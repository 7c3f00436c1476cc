ghost use Rattle.std.specs.Prelude.{◌≡◌, ◌≤◌, ◌<◌, ℕ, List, ℤ, pos, length, true, false, IfOk};
ghost use Rattle.space.specs.Reach.{is_in_reach};
ghost use Rattle.space.specs.Sweeps.{IsSweep, IsTime, SweepOf};
ghost use Rattle.bern_form.specs.Marks.{held_at_sample, is_possible_with, some_holds};
ghost use Rattle.cutter_slabs.specs.Meets.{InLowerAt, InUpperAt, MeetsLower, MeetsUpper};
ghost use Rattle.cutter_slabs.specs.Rising.{IsRising};
ghost use Rattle.cutter_slabs.specs.Stacks.{inner_stack, outer_stack, reach_of};

use crate::cutter::Cutter;
use crate::pair::{Pair, stacks_of};
use bern_form::Slab;
use std::alloc::Global;
use std::marker::Model;
use vf_io::NoMemory;

/// The two stacks of slabs of a cutter, each of at most n slabs and one. The inner stack lies in the lower cutter, and the upper
/// cutter in the outer stack.
#[derive(Drop)]
pub struct Stacks {
    cutter: Cutter,
    slabs: u32,
    inner: Vec<Slab>,
    outer: Vec<Slab>,
}

impl Model for Stacks {
    ghost use Rattle.cutter_slabs.specs.Stacks.{AreStacks, StacksOf};

    ghost Value = { StacksOf };

    ghost view = { λ s. record { cutter = s.cutter; slabs = s.slabs } };

    ghost invariant = { λ s. AreStacks s.cutter s.slabs s.inner.items s.outer.items };
}

impl Stacks {
    /// The stacks of a cutter for `n`, which is 1 to 256. Fails only when out of memory.
    pub fn new(alloc: Global, cutter: Cutter, n: u32) -> Result<Stacks, NoMemory>
        requires some { 1 ≤ n }
        requires few { n ≤ 256 }
        ensures cutter { IfOk result (λ stacks. stacks.cutter ≡ cutter) }
        ensures slabs { IfOk result (λ stacks. stacks.slabs ≡ n) }
    {
        let Pair { inner, outer } = stacks_of(alloc, &cutter, n)?;
        Ok(Stacks {
            cutter,
            slabs: n,
            inner,
            outer,
        })
    }

    /// The inner stack, from the tip upwards: what it holds at a time is in the lower cutter and in the outer stack, and a point
    /// that it holds at a sample is removed by the move, and possible too.
    pub fn inner(&self) -> &[Slab]
        ensures stack { result.now ≡ inner_stack self.now.cutter self.now.slabs }
        ensures rising { IsRising result.now }
        ensures inside { (m : SweepOf) (p : List ℤ) (a b : ℕ) → some_holds result.now m p a b ≡ true → InLowerAt self.now.cutter m p a b }
        ensures enclosed { (m : SweepOf) (p : List ℤ) (a b : ℕ) → some_holds result.now m p a b ≡ true
            → some_holds (outer_stack self.now.cutter self.now.slabs) m p a b ≡ true }
        ensures met { (m : SweepOf) (p : List ℤ) (S : ℕ) → 0 < S → held_at_sample result.now m p S ≡ true → MeetsLower self.now.cutter m p }
        ensures possible { (m : SweepOf) (p : List ℤ) (S : ℕ) → 0 < S → IsSweep m → held_at_sample result.now m p S ≡ true
            → is_possible_with (outer_stack self.now.cutter self.now.slabs) (pos (reach_of self.now.cutter)) m p S ≡ true }
    {
        &self.inner
    }

    /// The outer stack, from the tip upwards: it holds what the upper cutter holds, and a point that is not possible by it is met
    /// by the upper cutter at no rational time of the move.
    pub fn outer(&self) -> &[Slab]
        ensures stack { result.now ≡ outer_stack self.now.cutter self.now.slabs }
        ensures rising { IsRising result.now }
        ensures as_many { length result.now ≡ length (inner_stack self.now.cutter self.now.slabs) }
        ensures encloses { (m : SweepOf) (p : List ℤ) (a b : ℕ) → InUpperAt self.now.cutter m p a b → some_holds result.now m p a b ≡ true }
        ensures clear { (m : SweepOf) (p : List ℤ) (S : ℕ) → 0 < S → IsSweep m
            → is_possible_with result.now (pos (reach_of self.now.cutter)) m p S ≡ false → ¬ MeetsUpper self.now.cutter m p }
    {
        &self.outer
    }

    /// How far a point that the upper cutter holds can be from the tip's path along any axis: its height and its diameter at the
    /// top.
    pub fn reach(&self) -> i32
        ensures value { result ≡ pos (reach_of self.now.cutter) }
        ensures few { reach_of self.now.cutter ≤ 500000 }
        ensures encloses { (m : SweepOf) (p : List ℤ) (a b : ℕ) → IsSweep m → IsTime a b → InUpperAt self.now.cutter m p a b
            → is_in_reach result m.from m.to p ≡ true }
    {
        (self.cutter.height() + self.cutter.top_diameter()) as i32
    }

    /// The cutter whose stacks these are.
    pub fn cutter(&self) -> Cutter
        ensures { result ≡ self.now.cutter }
    {
        self.cutter
    }
}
==*==
Within the material above, output exactly the lines from the one with "use crate::cutter::Cutter;" through the one with "and the upper", end lines included, and nothing besides.

## Exercise output
use crate::cutter::Cutter;
use crate::pair::{Pair, stacks_of};
use bern_form::Slab;
use std::alloc::Global;
use std::marker::Model;
use vf_io::NoMemory;

/// The two stacks of slabs of a cutter, each of at most n slabs and one. The inner stack lies in the lower cutter, and the upper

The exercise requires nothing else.